======== MATERIAL SHOWN ========
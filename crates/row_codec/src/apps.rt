//! Applications as rows.

ghost use Rattle.row_formats.specs.Gives.{GivesRead};
ghost use Rattle.row_codec.specs.AppRow.{permission, role, quality, tag, descriptor, app_fields, app, IsCountableApp};
ghost use Rattle.row_codec.specs.AppExact.{app_exact};

use crate::bodies::Stored;
use crate::fields::{RowField, read_list, write_list, write_slice};
use crate::values::{put_value, value_of};
use app_manifest::{Manifest, PermissionDef};
use host_base::{AppId, Memory};
use perm_roles::Role;
use powerbox_match::{Descriptor, Quality, Tag};
use row_formats::{ReadError, Reader, RowFault, Writer};
use share_graph::App;
use std::alloc::Global;

const MOST_TAGS: u16 = 32;

const DEPTH: u8 = 16;

// A permission of an application.
impl RowField for PermissionDef {
    fn read_field(alloc: Global, reader: &mut Reader) -> Result<PermissionDef, ReadError> {
        Ok(PermissionDef {
            name: reader.name(alloc)?,
            title: reader.name(alloc)?,
            description: reader.name(alloc)?,
            obsolete: reader.flag()?,
        })
    }

    fn write_field(&self, writer: &mut Writer) -> Result<(), Memory> {
        writer.name(&self.name)?;
        writer.name(&self.title)?;
        writer.name(&self.description)?;
        writer.flag(self.obsolete)
    }

    ghost format = { permission };
}

// A role of an application.
impl RowField for Role {
    fn read_field(alloc: Global, reader: &mut Reader) -> Result<Role, ReadError> {
        Ok(Role {
            title: reader.name(alloc)?,
            verb: reader.name(alloc)?,
            perms: reader.set()?,
            default: reader.flag()?,
            obsolete: reader.flag()?,
        })
    }

    fn write_field(&self, writer: &mut Writer) -> Result<(), Memory> {
        writer.name(&self.title)?;
        writer.name(&self.verb)?;
        writer.set(&self.perms)?;
        writer.flag(self.default)?;
        writer.flag(self.obsolete)
    }

    ghost format = { role };
}

// A quality: which of three.
impl RowField for Quality {
    fn read_field(_alloc: Global, reader: &mut Reader) -> Result<Quality, ReadError> {
        let at = reader.place();
        match reader.u8()? {
            0 => Ok(Quality::Acceptable),
            1 => Ok(Quality::Preferred),
            2 => Ok(Quality::Unacceptable),
            _ => Err(ReadError::Fault(RowFault::BadField(at))),
        }
    }

    fn write_field(&self, writer: &mut Writer) -> Result<(), Memory> {
        match *self {
            Quality::Acceptable => writer.u8(0),
            Quality::Preferred => writer.u8(1),
            Quality::Unacceptable => writer.u8(2),
        }
    }

    ghost format = { quality };
}

// A tag. What was read of its value is within the limits of one.
impl RowField for Tag {
    fn read_field(alloc: Global, reader: &mut Reader) -> Result<Tag, ReadError> {
        let id = reader.u64()?;
        let value = value_of(alloc, reader, DEPTH)?;
        Ok(Tag::new(id, value)?)
    }

    fn write_field(&self, writer: &mut Writer) -> Result<(), Memory> {
        writer.u64(self.id())?;
        put_value(writer, self.value(), DEPTH)
    }

    ghost format = { tag };
}

// A descriptor: its quality, and at most 32 tags.
impl RowField for Descriptor {
    fn read_field(alloc: Global, reader: &mut Reader) -> Result<Descriptor, ReadError> {
        let quality = Quality::read_field(alloc, reader)?;
        let tags = read_list::<Tag>(alloc, reader, MOST_TAGS)?;
        Ok(Descriptor::new(tags.into_vec(), quality))
    }

    fn write_field(&self, writer: &mut Writer) -> Result<(), Memory> {
        self.quality().write_field(writer)?;
        write_slice(writer, self.tags())
    }

    ghost format = { descriptor };
}

// The fields of an application, behind the version.
fn app_fields(alloc: Global, reader: &mut Reader, num: u32) -> Result<App, ReadError>
    ensures { GivesRead (λ x. x) result reader.new ((app_fields num).read reader.old) }
{
    let manifest = Manifest {
        title: reader.name(alloc)?,
        version: reader.u32()?,
        permissions: read_list(alloc, reader, u16::MAX)?,
        roles: read_list(alloc, reader, u16::MAX)?,
        match_requests: read_list(alloc, reader, u16::MAX)?,
    };
    Ok(App {
        num: AppId(num),
        manifest,
    })
}

impl Stored for App {
    fn read_row(alloc: Global, reader: &mut Reader, num: u32) -> Result<App, ReadError> {
        match reader.u8()? {
            1 => app_fields(alloc, reader, num),
            version => Err(ReadError::Fault(RowFault::BadVersion(version))),
        }
    }

    fn write_row(&self, writer: &mut Writer) -> Result<(), Memory> {
        let manifest = &self.manifest;
        writer.u8(1)?;
        writer.name(&manifest.title)?;
        writer.u32(manifest.version)?;
        write_list(writer, &manifest.permissions)?;
        write_list(writer, &manifest.roles)?;
        write_list(writer, &manifest.match_requests)
    }

    ghost format = { app };

    ghost carried = { λ a. a.num.0 };

    ghost is_countable = { IsCountableApp };

    ghost exact = { app_exact };
}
========
**WORK REQUEST**
How many of the lines above include the string "Stored"? Give only the number.

**TASK RESPONSE**
2